(WHAT YOU HAVE TO DO):
Please restate exactly what appears in the records below from the first line to the line where "over commands: where" is, that line included.

(SOURCE INFORMATION):
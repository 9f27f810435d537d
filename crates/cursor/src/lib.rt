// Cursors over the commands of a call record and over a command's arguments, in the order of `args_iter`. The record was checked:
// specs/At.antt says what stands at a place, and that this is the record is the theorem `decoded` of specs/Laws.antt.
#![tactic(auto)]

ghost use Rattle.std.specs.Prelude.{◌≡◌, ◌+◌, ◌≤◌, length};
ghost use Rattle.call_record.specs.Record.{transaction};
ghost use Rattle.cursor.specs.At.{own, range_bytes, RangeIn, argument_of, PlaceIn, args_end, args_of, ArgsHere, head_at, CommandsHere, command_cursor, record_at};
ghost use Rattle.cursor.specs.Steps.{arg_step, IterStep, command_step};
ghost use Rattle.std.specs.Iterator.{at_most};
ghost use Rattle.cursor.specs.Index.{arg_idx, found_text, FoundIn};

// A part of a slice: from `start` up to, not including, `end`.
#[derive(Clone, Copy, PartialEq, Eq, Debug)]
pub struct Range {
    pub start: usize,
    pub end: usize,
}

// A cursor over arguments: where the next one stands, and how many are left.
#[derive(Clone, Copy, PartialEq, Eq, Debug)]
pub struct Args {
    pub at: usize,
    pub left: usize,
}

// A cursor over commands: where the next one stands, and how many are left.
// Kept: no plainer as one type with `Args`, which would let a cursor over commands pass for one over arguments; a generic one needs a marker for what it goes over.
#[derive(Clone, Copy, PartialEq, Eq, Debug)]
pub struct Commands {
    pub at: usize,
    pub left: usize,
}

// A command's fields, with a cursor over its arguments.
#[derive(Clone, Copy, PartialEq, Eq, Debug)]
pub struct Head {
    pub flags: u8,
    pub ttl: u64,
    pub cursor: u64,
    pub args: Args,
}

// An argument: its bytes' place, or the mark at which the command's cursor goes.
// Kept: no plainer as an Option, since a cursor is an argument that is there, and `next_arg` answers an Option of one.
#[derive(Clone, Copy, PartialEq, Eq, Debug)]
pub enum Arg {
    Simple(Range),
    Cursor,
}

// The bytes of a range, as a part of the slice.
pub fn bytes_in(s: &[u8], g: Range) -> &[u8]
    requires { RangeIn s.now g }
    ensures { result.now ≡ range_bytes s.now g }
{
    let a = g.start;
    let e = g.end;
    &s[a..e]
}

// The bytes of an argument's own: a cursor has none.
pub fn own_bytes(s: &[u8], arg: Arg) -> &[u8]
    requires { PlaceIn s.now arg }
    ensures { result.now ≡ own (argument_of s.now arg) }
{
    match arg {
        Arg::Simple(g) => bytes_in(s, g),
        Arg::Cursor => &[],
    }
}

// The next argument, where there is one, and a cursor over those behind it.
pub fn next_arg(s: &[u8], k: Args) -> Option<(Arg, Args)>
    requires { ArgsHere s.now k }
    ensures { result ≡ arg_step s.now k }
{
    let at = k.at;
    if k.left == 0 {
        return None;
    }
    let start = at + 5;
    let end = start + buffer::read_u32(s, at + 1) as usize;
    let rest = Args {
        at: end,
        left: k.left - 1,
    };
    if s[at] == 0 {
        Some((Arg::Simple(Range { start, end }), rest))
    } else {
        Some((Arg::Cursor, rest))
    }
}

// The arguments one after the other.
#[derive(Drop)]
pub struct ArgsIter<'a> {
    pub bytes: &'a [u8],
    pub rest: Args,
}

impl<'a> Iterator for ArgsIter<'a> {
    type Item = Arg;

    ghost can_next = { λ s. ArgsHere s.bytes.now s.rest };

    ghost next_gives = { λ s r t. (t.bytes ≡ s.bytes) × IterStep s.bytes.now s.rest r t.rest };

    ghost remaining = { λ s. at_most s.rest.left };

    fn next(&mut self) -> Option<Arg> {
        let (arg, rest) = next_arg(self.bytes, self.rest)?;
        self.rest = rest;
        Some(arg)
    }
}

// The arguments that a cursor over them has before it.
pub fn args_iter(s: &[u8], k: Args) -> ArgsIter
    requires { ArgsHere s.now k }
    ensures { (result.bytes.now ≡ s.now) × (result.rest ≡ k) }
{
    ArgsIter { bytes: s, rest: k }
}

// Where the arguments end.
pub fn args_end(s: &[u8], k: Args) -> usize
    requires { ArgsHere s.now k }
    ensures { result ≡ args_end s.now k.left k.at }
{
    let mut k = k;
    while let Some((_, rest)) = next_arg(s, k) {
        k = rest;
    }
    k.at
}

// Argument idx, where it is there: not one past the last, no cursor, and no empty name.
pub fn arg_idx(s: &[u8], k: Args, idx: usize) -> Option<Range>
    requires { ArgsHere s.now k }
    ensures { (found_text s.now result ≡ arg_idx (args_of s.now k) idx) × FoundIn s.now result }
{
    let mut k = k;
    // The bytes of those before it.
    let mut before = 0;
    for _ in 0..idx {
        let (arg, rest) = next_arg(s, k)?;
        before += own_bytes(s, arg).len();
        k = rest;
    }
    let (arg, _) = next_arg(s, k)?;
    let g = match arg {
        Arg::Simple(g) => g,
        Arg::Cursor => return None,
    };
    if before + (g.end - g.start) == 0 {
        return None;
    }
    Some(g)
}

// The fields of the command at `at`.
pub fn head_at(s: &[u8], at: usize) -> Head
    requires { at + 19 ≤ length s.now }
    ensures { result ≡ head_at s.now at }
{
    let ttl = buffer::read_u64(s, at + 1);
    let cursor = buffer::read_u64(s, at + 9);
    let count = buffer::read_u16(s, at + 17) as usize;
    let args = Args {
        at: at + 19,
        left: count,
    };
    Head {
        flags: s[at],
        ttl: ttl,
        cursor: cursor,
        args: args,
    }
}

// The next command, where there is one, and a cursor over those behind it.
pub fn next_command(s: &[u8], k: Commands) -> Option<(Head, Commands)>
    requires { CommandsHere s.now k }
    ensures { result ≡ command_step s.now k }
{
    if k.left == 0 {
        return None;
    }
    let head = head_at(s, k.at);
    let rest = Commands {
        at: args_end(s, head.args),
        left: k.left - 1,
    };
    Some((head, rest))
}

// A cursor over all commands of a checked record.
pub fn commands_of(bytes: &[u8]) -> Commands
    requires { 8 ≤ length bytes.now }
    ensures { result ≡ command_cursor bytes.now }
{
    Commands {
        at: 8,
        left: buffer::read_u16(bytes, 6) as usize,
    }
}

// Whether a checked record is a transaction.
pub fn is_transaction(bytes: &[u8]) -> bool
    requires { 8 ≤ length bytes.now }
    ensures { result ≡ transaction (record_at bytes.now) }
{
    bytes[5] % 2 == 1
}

(SOLUTION):
repository 9f27f810435d537d
filename crates/cursor/src/lib.rt
// Cursors over the commands of a call record and over a command's arguments, in the order of `args_iter`. The record was checked:
// specs/At.antt says what stands at a place, and that this is the record is the theorem `decoded` of specs/Laws.antt.
#![tactic(auto)]

ghost use Rattle.std.specs.Prelude.{◌≡◌, ◌+◌, ◌≤◌, length};
ghost use Rattle.call_record.specs.Record.{transaction};
ghost use Rattle.cursor.specs.At.{own, range_bytes, RangeIn, argument_of, PlaceIn, args_end, args_of, ArgsHere, head_at, CommandsHere, command_cursor, record_at};
ghost use Rattle.cursor.specs.Steps.{arg_step, IterStep, command_step};
ghost use Rattle.std.specs.Iterator.{at_most};
ghost use Rattle.cursor.specs.Index.{arg_idx, found_text, FoundIn};

// A part of a slice: from `start` up to, not including, `end`.
#[derive(Clone, Copy, PartialEq, Eq, Debug)]
pub struct Range {
    pub start: usize,
    pub end: usize,
}

// A cursor over arguments: where the next one stands, and how many are left.
#[derive(Clone, Copy, PartialEq, Eq, Debug)]
pub struct Args {
    pub at: usize,
    pub left: usize,
}

// A cursor over commands: where the next one stands, and how many are left.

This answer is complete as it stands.